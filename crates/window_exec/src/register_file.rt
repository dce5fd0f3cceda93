//! What the computation of an instruction needs of registers and flags: so it's written once for a window's, a machine's, and those of several states.
ghost use Rattle.std.specs.Prelude.{◌≡◌, ℕ, ◌<◌, ◌==◌, [], ◌∷◌};
ghost use Rattle.std.specs.Int.{bit_at, from_bool};
ghost use Rattle.thumb_model.specs.Effect.{Values, assigned, c_flag, result_flags, sum_flags};

use crate::words::Word;

/// N and Z of a value, with C and V: N is 8, Z is 4, C is 2 and V is 1.
pub fn flags(value: u32, c: bool, v: bool) -> u8
    ensures n { bit_at result 3 ≡ bit_at value 31 }
    ensures z { bit_at result 2 ≡ from_bool (value == 0) }
    ensures c { bit_at result 1 ≡ from_bool c }
    ensures v { bit_at result 0 ≡ from_bool v }
{
    u8::from(value >> 31 == 1) << 3 | u8::from(value == 0) << 2 | u8::from(c) << 1 | u8::from(v)
}

/// The first `count` registers from r0 on, and the flags N, Z, C and V, of each of some states.
pub trait RegisterFile {
    /// What a register holds.
    type Value: Word;

    // the values in a state, by its number, which counts as that of `Word` does
    ghost values: { Self → ℕ → Values };

    // how many registers there are
    ghost count: { ℕ };

    /// The value of a register.
    fn register(&self, number: u32) -> Self::Value
        requires { number < count }
        ensures { (i : ℕ) → Self.Value.number result i ≡ values self.now i number };

    /// Gives a register another value.
    fn set_register(&mut self, number: u32, value: Self::Value)
        requires { number < count }
        ensures { (i : ℕ) → values self.new i ≡ assigned ((number, Self.Value.number value i) ∷ []) (values self.old i) };

    /// C.
    fn carry(&self) -> <Self::Value as Word>::Flag
        ensures { (i : ℕ) → Self.Value.is_set result i ≡ (values self.now i c_flag == 1) };

    /// Sets N and Z by a result.
    fn set_result_flags(&mut self, value: Self::Value)
        ensures { (i : ℕ) → values self.new i ≡ assigned (result_flags (Self.Value.number value i)) (values self.old i) };

    /// Sets N and Z by a shift's result, and C to its carry out.
    fn set_shift_flags(&mut self, moved: <Self::Value as Word>::Moved)
        ensures { (i : ℕ) → values self.new i ≡ assigned (result_flags (Self.Value.moved_in moved i).0) (assigned ((c_flag, from_bool (Self.Value.moved_in moved i).1) ∷ []) (values self.old i)) };

    /// Sets all flags by a sum.
    fn set_sum_flags(&mut self, sum: <Self::Value as Word>::Sum)
        ensures { (i : ℕ) → values self.new i ≡ assigned (sum_flags (Self.Value.sum_in sum i)) (values self.old i) };
}
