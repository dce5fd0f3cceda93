//! What the instructions of a window do to the registers r0 to r3 and the flags. The machine runs the same code over all its registers.
#![tactic(auto)]

mod computing;
pub mod laws;
mod one_word;
mod register_file;
mod sequence;
mod state;
mod states;
mod stepping;
mod words;

pub use computing::{compute, computes, total, written};
pub use register_file::{RegisterFile, flags};
pub use sequence::{differ, run_seq, tells};
pub use state::WState;
pub use states::States;
pub use stepping::step;
pub use words::Word;
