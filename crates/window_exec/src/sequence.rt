//! Sequences of instructions on one state, and whether a state tells two of them apart: what the audit and the learner call most.
ghost use Rattle.std.specs.Prelude.{◌≡◌, ◌<◌, ◌≤◌, ◌↔◌, ◌==◌, ◌&&◌, not, IsTrue};
ghost use Rattle.thumb_instr.specs.Items.{has};
ghost use Rattle.thumb_model.specs.Effect.{after_all, AreOver};
ghost use Rattle.window_exec.specs.State.{values_of, Differ, Tells};

use crate::state::WState;
use crate::stepping::step;
use thumb_instr::items::{C, N, V, Z};
use thumb_instr::{Mask, Seq};

/// The registers and flags after a sequence of instructions that may stand in a window and name r0 to r3 alone, from the first to the last.
/// The bits above the flags are 0.
pub fn run_seq(seq: &Seq, mut state: WState) -> WState
    requires { AreOver 4 seq.now }
    ensures values { values_of result ≡ after_all seq.now (values_of state) }
    ensures flags { result.nzcv < 16 }
{
    for instr in seq.as_slice() {
        state = step(instr, state);
    }
    state.with_flags_alone()
}

/// Whether some item of the mask differs after the two sequences, each run from the state. Both are of instructions that may stand in a
/// window and name r0 to r3 alone.
pub fn tells(state: &WState, left: &Seq, right: &Seq, mask: Mask) -> bool
    requires left { AreOver 4 left.now }
    requires right { AreOver 4 right.now }
    ensures { IsTrue result ↔ Tells (values_of state.now) left.now right.now mask.items.bits }
{
    differ(&run_seq(left, *state), &run_seq(right, *state), mask)
}

/// Whether some item of the mask differs between the states.
pub fn differ(left: &WState, right: &WState, mask: Mask) -> bool
    ensures { IsTrue result ↔ Differ (values_of left.now) (values_of right.now) mask.items.bits }
{
    differ_in_register(left, right, mask, 0)
        | differ_in_register(left, right, mask, 1)
        | differ_in_register(left, right, mask, 2)
        | differ_in_register(left, right, mask, 3)
        | differ_in_flag(left, right, mask, N)
        | differ_in_flag(left, right, mask, Z)
        | differ_in_flag(left, right, mask, C)
        | differ_in_flag(left, right, mask, V)
}

/// Whether a register is in the mask and differs between the states.
fn differ_in_register(left: &WState, right: &WState, mask: Mask, register: u8) -> bool
    requires { register < 4 }
    ensures { result ≡ (has mask.items.bits register && not (values_of left.now register == values_of right.now register)) }
{
    mask.has(register) && left.get(u32::from(register)) != right.get(u32::from(register))
}

/// Whether a flag is in the mask and differs between the states.
fn differ_in_flag(left: &WState, right: &WState, mask: Mask, flag: u8) -> bool
    requires first { 15 ≤ flag }
    requires last { flag < 19 }
    ensures { result ≡ (has mask.items.bits flag && not (values_of left.now flag == values_of right.now flag)) }
{
    mask.has(flag) && left.flag(flag) != right.flag(flag)
}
········
_Task objective_: Using the listing above, please repeat every entry exactly.

_Response box_:
filename crates/window_exec/src/register_file.rt
repository dce5fd0f3cceda93
//! What the computation of an instruction needs of registers and flags: so it's written once for a window's, a machine's, and those of several states.
ghost use Rattle.std.specs.Prelude.{◌≡◌, ℕ, ◌<◌, ◌==◌, [], ◌∷◌};
ghost use Rattle.std.specs.Int.{bit_at, from_bool};
ghost use Rattle.thumb_model.specs.Effect.{Values, assigned, c_flag, result_flags, sum_flags};

use crate::words::Word;

/// N and Z of a value, with C and V: N is 8, Z is 4, C is 2 and V is 1.
pub fn flags(value: u32, c: bool, v: bool) -> u8
    ensures n { bit_at result 3 ≡ bit_at value 31 }
    ensures z { bit_at result 2 ≡ from_bool (value == 0) }
    ensures c { bit_at result 1 ≡ from_bool c }
    ensures v { bit_at result 0 ≡ from_bool v }
{
    u8::from(value >> 31 == 1) << 3 | u8::from(value == 0) << 2 | u8::from(c) << 1 | u8::from(v)
}

/// The first `count` registers from r0 on, and the flags N, Z, C and V, of each of some states.
pub trait RegisterFile {
    /// What a register holds.
    type Value: Word;

    // the values in a state, by its number, which counts as that of `Word` does
    ghost values: { Self → ℕ → Values };

    // how many registers there are
    ghost count: { ℕ };

    /// The value of a register.
    fn register(&self, number: u32) -> Self::Value
        requires { number < count }
        ensures { (i : ℕ) → Self.Value.number result i ≡ values self.now i number };

    /// Gives a register another value.
    fn set_register(&mut self, number: u32, value: Self::Value)
        requires { number < count }
        ensures { (i : ℕ) → values self.new i ≡ assigned ((number, Self.Value.number value i) ∷ []) (values self.old i) };

    /// C.
    fn carry(&self) -> <Self::Value as Word>::Flag
        ensures { (i : ℕ) → Self.Value.is_set result i ≡ (values self.now i c_flag == 1) };

    /// Sets N and Z by a result.
    fn set_result_flags(&mut self, value: Self::Value)
        ensures { (i : ℕ) → values self.new i ≡ assigned (result_flags (Self.Value.number value i)) (values self.old i) };

    /// Sets N and Z by a shift's result, and C to its carry out.
    fn set_shift_flags(&mut self, moved: <Self::Value as Word>::Moved)
        ensures { (i : ℕ) → values self.new i ≡ assigned (result_flags (Self.Value.moved_in moved i).0) (assigned ((c_flag, from_bool (Self.Value.moved_in moved i).1) ∷ []) (values self.old i)) };

    /// Sets all flags by a sum.
    fn set_sum_flags(&mut self, sum: <Self::Value as Word>::Sum)
        ensures { (i : ℕ) → values self.new i ≡ assigned (sum_flags (Self.Value.sum_in sum i)) (values self.old i) };
}
repository dce5fd0f3cceda93
//! What the instructions of a window do to the registers r0 to r3 and the flags. The machine runs the same code over all its registers.
#![tactic(auto)]

mod computing;
pub mod laws;
mod one_word;
mod register_file;
mod sequence;
mod state;
mod states;
mod stepping;
mod words;

pub use computing::{compute, computes, total, written};
pub use register_file::{RegisterFile, flags};
pub use sequence::{differ, run_seq, tells};
pub use state::WState;
pub use states::States;
pub use stepping::step;
pub use words::Word;
filename crates/window_exec/src/sequence.rt
//! Sequences of instructions on one state, and whether a state tells two of them apart: what the audit and the learner call most.
ghost use Rattle.std.specs.Prelude.{◌≡◌, ◌<◌, ◌≤◌, ◌↔◌, ◌==◌, ◌&&◌, not, IsTrue};
ghost use Rattle.thumb_instr.specs.Items.{has};
ghost use Rattle.thumb_model.specs.Effect.{after_all, AreOver};
ghost use Rattle.window_exec.specs.State.{values_of, Differ, Tells};

use crate::state::WState;
use crate::stepping::step;
use thumb_instr::items::{C, N, V, Z};
use thumb_instr::{Mask, Seq};

/// The registers and flags after a sequence of instructions that may stand in a window and name r0 to r3 alone, from the first to the last.
/// The bits above the flags are 0.
pub fn run_seq(seq: &Seq, mut state: WState) -> WState
    requires { AreOver 4 seq.now }
    ensures values { values_of result ≡ after_all seq.now (values_of state) }
    ensures flags { result.nzcv < 16 }
{
    for instr in seq.as_slice() {
        state = step(instr, state);
    }
    state.with_flags_alone()
}

/// Whether some item of the mask differs after the two sequences, each run from the state. Both are of instructions that may stand in a
/// window and name r0 to r3 alone.
pub fn tells(state: &WState, left: &Seq, right: &Seq, mask: Mask) -> bool
    requires left { AreOver 4 left.now }
    requires right { AreOver 4 right.now }
    ensures { IsTrue result ↔ Tells (values_of state.now) left.now right.now mask.items.bits }
{
    differ(&run_seq(left, *state), &run_seq(right, *state), mask)
}

/// Whether some item of the mask differs between the states.
pub fn differ(left: &WState, right: &WState, mask: Mask) -> bool
    ensures { IsTrue result ↔ Differ (values_of left.now) (values_of right.now) mask.items.bits }
{
    differ_in_register(left, right, mask, 0)
        | differ_in_register(left, right, mask, 1)
        | differ_in_register(left, right, mask, 2)
        | differ_in_register(left, right, mask, 3)
        | differ_in_flag(left, right, mask, N)
        | differ_in_flag(left, right, mask, Z)
        | differ_in_flag(left, right, mask, C)
        | differ_in_flag(left, right, mask, V)
}

/// Whether a register is in the mask and differs between the states.
fn differ_in_register(left: &WState, right: &WState, mask: Mask, register: u8) -> bool
    requires { register < 4 }
    ensures { result ≡ (has mask.items.bits register && not (values_of left.now register == values_of right.now register)) }
{
    mask.has(register) && left.get(u32::from(register)) != right.get(u32::from(register))
}

/// Whether a flag is in the mask and differs between the states.
fn differ_in_flag(left: &WState, right: &WState, mask: Mask, flag: u8) -> bool
    requires first { 15 ≤ flag }
    requires last { flag < 19 }
    ensures { result ≡ (has mask.items.bits flag && not (values_of left.now flag == values_of right.now flag)) }
{
    mask.has(flag) && left.flag(flag) != right.flag(flag)
}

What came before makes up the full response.